Barefoot Wines For A Shoestring Budget

If you are barefoot right now, it’s for one of two reasons.

Either you’re an earth child who likes a sensual connection to terra firma and the return-to-roots freedom that casting off the trappings of civilization brings you, or you’re too poor to afford shoes.

Either way, have I got the wine for you.

Before I go there, let me say that in a Rorschach sort of free-association test, the notion of walking around barefoot brings to mind two people immediately: Mahatma Gandhi and Huck Finn.  One, of course is Hindu, prohibited from drinking wine and dead, and the other is not of legal age and fictional.

So, why recommend a white called Barefoot?  To which demographic am I pitching?

Suffice to say, wine people have a thing about feet.  It’s likely tied to the fact that genuine hand-crafted wine is made by foot: crushing grapes is the primal proletariat nexus, after all—mechanics are a commercial necessity, but like sending emails as opposed to actually having conversations, they’re not small-scale effective and a lot less cozy.

This foot fetish may be subconcious on the part of us wine people but it’s present nonetheless.

No? 

Consider Barefoot Cellars from California, Thousand Foot Pinot Noir from the Russian River, Left Foot Charley here in Michigan and Chateau Lafite in France.

Barefoot Cellars puts its best foot forward…

Thinking on my feet, I requested that winemaker Jennifer Wall to send me a picture of her bare feet to illustrate this piece, but after the above paragraph referencing fetishes, I’m sure the cops will show up at my door before the .jpegs.  As the accompanying photo indicates, she’s a leg up in the face department as well.  (The other shots depicts a barefoot me crushing garage syrah in the day when hair played a more prominent a lifestyle role than kids—the other is my daughter crushing syrah this past season).

Jen Wall’s winery tenure follows in the footsteps of Davis Bynum (big boots to fill), who introduced Barefoot in 1965 as a low-priced alternative to his premium line, which then as now you had to be pretty well-heeled to afford.

Barefoot developed a cult following—due in part to the kitchy footprint logo—soon outselling its pricer cousin.  Even so, Bynum decided the brand was out of step with his hoity-toity mission statement, and sold the winery in 1986.  Michael Houlihan and Bonnie Harvey jumped in with both feet, and in 1995, Wall got her own juice-stained foot in the door.  Since then, the brand has grown in volume and reputation; Barefoot Cellars has snagged more 2500 awards over the years and no, this is not a typo.  The winery is equally lauded for its charitable work with such barefoot-friendly causes as the Beach Rescue Project and the AVP—the Association of Volleyball Professions—a sport with which Californians are head over heels in love.

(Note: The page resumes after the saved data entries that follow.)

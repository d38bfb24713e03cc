//! Documents that are read, refused and written.

ghost use Rattle.writer_meta.specs.Document.{IsAllowed};
ghost use Rattle.writer_meta.specs.Metadata.{meta_of};

use crate::page::Page;
use crate::stopped::{Done, Stopped};
use std::alloc::Global;
use writer_meta::{Component, Metadata};

/// Shows the numbers and names of a document.
fn show_fields(page: &mut Page, metadata: &Metadata) {
    page.show("class", &metadata.class);
    page.show("level", &metadata.level);
    page.show("usage", &metadata.usage);
    page.show("source", &metadata.source);
    page.show("timeout", &metadata.freeze_timeout);
}

/// Shows a component by its full name, and whether it can be selected.
fn show_component(alloc: Global, page: &mut Page, component: &Component) -> Done {
    let name = component.full_name(alloc)?;
    page.line("component", name.bytes());
    page.show("selectable", &component.selectable);
    Ok(())
}

/// Shows the name and the components, in order.
fn show_parts(alloc: Global, page: &mut Page, metadata: &Metadata) -> Done {
    page.line("name", metadata.name.bytes());
    for component in metadata.components.items() {
        show_component(alloc, page, component)?;
    }
    Ok(())
}

/// Shows the parts of a copy, and that a time-out of 0 is not allowed.
fn show_copy(alloc: Global, page: &mut Page, metadata: &Metadata) -> Done {
    let mut copy = metadata.copy(alloc)?;
    show_parts(alloc, page, &copy)?;
    copy.freeze_timeout = 0;
    page.show("allowed", &copy.is_allowed(alloc)?);
    Ok(())
}

/// Shows a document with all its members, as it is written and as a copy has them.
fn show_metadata(alloc: Global, page: &mut Page, metadata: &Metadata) -> Done
    requires { IsAllowed (meta_of metadata.now) }
{
    show_fields(page, metadata);
    page.show("allowed", &metadata.is_allowed(alloc)?);
    page.line("written", metadata.to_json(alloc)?.bytes());
    show_copy(alloc, page, metadata)
}

/// Shows what a document says, or why it is refused.
pub fn show_document(alloc: Global, page: &mut Page, text: &str) -> Done {
    match Metadata::from_json(alloc, text.as_bytes()) {
        Ok(metadata) => show_metadata(alloc, page, &metadata),
        Err(fault) => {
            page.print("refused", &fault);
            page.show("number", &fault.number());
            Ok(())
        }
    }
}
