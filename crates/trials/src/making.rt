//! What volumes are made of: devices of zeros in memory, and areas of free slots.

ghost use Rattle.std.specs.Prelude.{◌≡◌, ◌<◌, ◌≤◌, All, IfOk, IsTrue, length, map, replicate};
ghost use Rattle.block_data.specs.BlockBytes.{zeros};
ghost use Rattle.write_history.specs.History.{fresh};
ghost use Rattle.diff_area.specs.Format.{AreVolumes, free};
ghost use Rattle.volume_device.specs.InMemory.{blocks_of};
ghost use Rattle.cow_volume.specs.OneVolume.{StandsForOne, blocks_of as volume_blocks};
ghost use Rattle.trials.specs.Devices.{IsZeroed, size_of};

use crate::plan::Plan;
use crate::stopped::Stopped;
use cow_volume::{CowGroup, CowVolume};
use diff_area::{Area, pages_for};
use std::alloc::Global;
use volume_device::{Device, MemDevice};
use vss_names::{MOST_BLOCKS, MOST_IMAGES, MOST_SLOTS, MOST_VOLUMES};

/// A device of so many zero blocks, with the calls failing that are planned for its name.
pub fn device(alloc: Global, plan: &mut Plan, name: &str, blocks: u32) -> Result<MemDevice, Stopped>
    ensures size { IfOk result (λ d. size_of d ≡ blocks) }
    ensures zeros { IfOk result (λ d. blocks_of d ≡ replicate blocks zeros) }
{
    let row = plan.row(name)?;
    Ok(MemDevice::new(alloc, blocks)?.failing(row.reads, row.writes, row.flushes))
}

/// The devices of volumes with these numbers of blocks: `volume0` and so on.
fn devices(alloc: Global, plan: &mut Plan, blocks: &[u32]) -> Result<Vec<MemDevice>, Stopped>
    ensures { IfOk result (λ ds. All IsZeroed ds.items) }
{
    let mut devices = Vec::new(alloc);
    for place in 0..blocks.len() {
        let name = format!(in alloc; "volume{place}")?;
        let made = device(alloc, plan, name.as_str(), blocks[place])?;
        devices.push(made)?;
    }
    Ok(devices)
}

/// The devices of 1 to 8 mirrors of a primary: `mirror0` and so on.
pub fn mirrors(
    alloc: Global,
    plan: &mut Plan,
    primary: &MemDevice,
    count: u32,
) -> Result<Vec<MemDevice>, Stopped>
    ensures some { IfOk result (λ ds. 0 < length ds.items) }
    ensures few { IfOk result (λ ds. length ds.items ≤ 8) }
    ensures fits { IfOk result (λ ds. All (λ d. size_of d ≡ size_of primary.now) ds.items) }
    ensures zeros { IfOk result (λ ds. All IsZeroed ds.items) }
{
    if count == 0 || count > 8 {
        return Err(Stopped);
    }
    let mut mirrors = Vec::new(alloc);
    for place in 0..count {
        let name = format!(in alloc; "mirror{place}")?;
        let made = device(alloc, plan, name.as_str(), primary.blocks())?;
        mirrors.push(made)?;
    }
    Ok(mirrors)
}

/// Whether these are the numbers of blocks of 1 to 128 volumes.
fn are_blocks(blocks: &[u32]) -> bool
    ensures { IsTrue result → AreVolumes blocks.now }
{
    if blocks.is_empty() || blocks.len() > MOST_VOLUMES as usize {
        return false;
    }
    blocks.iter().all(|n| 1 <= *n && *n <= MOST_BLOCKS)
}

/// An area of so many free slots for volumes with these numbers of blocks.
pub fn area(
    alloc: Global,
    plan: &mut Plan,
    name: &str,
    slots: u32,
    blocks: &[u32],
) -> Result<Area<MemDevice>, Stopped>
    ensures volumes { IfOk result (λ area. area.volumes ≡ blocks.now) }
    ensures free { IfOk result (λ area. area.records ≡ replicate (length area.records) free) }
{
    if slots > MOST_SLOTS || !are_blocks(blocks) {
        return Err(Stopped);
    }
    let under = device(alloc, plan, name, 1 + pages_for(slots) + slots)?;
    match Area::open_new(alloc, under, slots, blocks) {
        Ok(area) => Ok(area),
        Err(_) => Err(Stopped),
    }
}

/// A volume by itself of so many blocks, over the device `volume` and so many slots of the device `area`.
pub fn volume(
    alloc: Global,
    plan: &mut Plan,
    blocks: u32,
    slots: u32,
) -> Result<CowVolume<MemDevice>, Stopped>
    ensures stands { IfOk result (λ volume. StandsForOne ⟦<MemDevice as Device>⟧.told volume fresh) }
    ensures blocks { IfOk result (λ volume. volume_blocks volume ≡ blocks) }
{
    let device = device(alloc, plan, "volume", blocks)?;
    let area = area(alloc, plan, "area", slots, &[blocks])?;
    Ok(CowVolume::new(alloc, device, area)?)
}

/// Whether devices have the blocks of the volumes of an area.
pub fn fit(devices: &[MemDevice], area: &Area<MemDevice>) -> bool
    ensures { IsTrue result → map size_of devices.now ≡ area.now.volumes }
{
    if devices.len() != area.volumes() as usize {
        return false;
    }
    for v in 0..area.volumes() {
        if devices[v as usize].blocks() != area.blocks(v) {
            return false;
        }
    }
    true
}

/// A group of volumes with these numbers of blocks, over the devices `volume0` and so on and so many slots of the device `area`.
pub fn group(
    alloc: Global,
    plan: &mut Plan,
    slots: u32,
    blocks: &[u32],
) -> Result<CowGroup<MemDevice>, Stopped> {
    let devices = devices(alloc, plan, blocks)?;
    let area = area(alloc, plan, "area", slots, blocks)?;
    if !fit(&devices, &area) {
        return Err(Stopped);
    }
    Ok(CowGroup::new(alloc, devices, area)?)
}

/// Whether an image of this set may be cut of a volume with images of these sets.
pub fn may_cut(images: &[u32], set: u32) -> bool
    ensures room { IsTrue result → length images.now < 512 }
    ensures above_zero { IsTrue result → 0 < set }
    ensures newest { IsTrue result → All (λ s. s < set) images.now }
{
    if images.len() >= MOST_IMAGES || set == 0 {
        return false;
    }
    images.iter().all(|image| *image < set)
}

Price, however, is key to the Barefoot footprint…

At under $7 a bottle, nearly any expense account can foot a Barefoot bill.  For this nominal cash outlay you can expect a foot-loose, fancy-free patio wine; summery, simple, supple and occasionally sweet, something with which to kick up your heels.  None of the sixteen selections in Wall’s current catalogue can go toe to toe with pricier varietal, but the best—Barefoot Bubbly Brut Cuvée and sauvignon blanc for example—are hardly out of step with them.

Two factors allow this fancy pricing footwork:

First, the winery is owned by Gallo, and thus has prodigious buying power among the grape cartels.  Second, the wines are frequently released as ‘non-vintage’, where juice from lousy years (which for inexpensive wines often means excellent years, since that’s when grape prices go up) is blended with juice held back from value vintages.

Neither influence should give you cold feet: they’re not necessarily quality indicators, but merely a marketing strategy intended to keep the penury-pipeline filled with a sea of drinkable affordables.  In the end, Barefoot wines are reliable, viable and imminently buyable.

And, hey—if the shoe fits, wear it.

Tasting notes:

Barefoot Cellars Sauvignon Blanc, California, NV, about $7:  Cloudy Bay won’t be shaking in their boots over this one, but with it, me and Jen Wall got off on the right foot.  It’s crisp, unpretentious and contains enough citrus and grass to hint at how beguiling this varietal can be even in a basic incarnation.  Tickled with grapefruit, herb and zip, it’s well-made sauvignon blanc—bare boned as well as bare footed.

Barefoot Cellars Pinot Grigio, California, NV, about $7:  PG is as PG does, and Wall’s crisp, apple-tinged swallow is lucid and transparent; it offers entry-level whiffs of almond and cantaloupe with some mineral character in the finish.

Barefoot Cellars Moscato, California, NV, about $7:  A good white with which non-wine people can get their feet wet, so long as they don’t mind some sugar crystals around their ankles.  Honeydew and honeysuckle on the nose, peach on the palate and a quick stop; it’s modest moscato, but toes the varietal line. A nice offering when you’re invited to brunch—you may not be able to show up barefoot, but your wine can.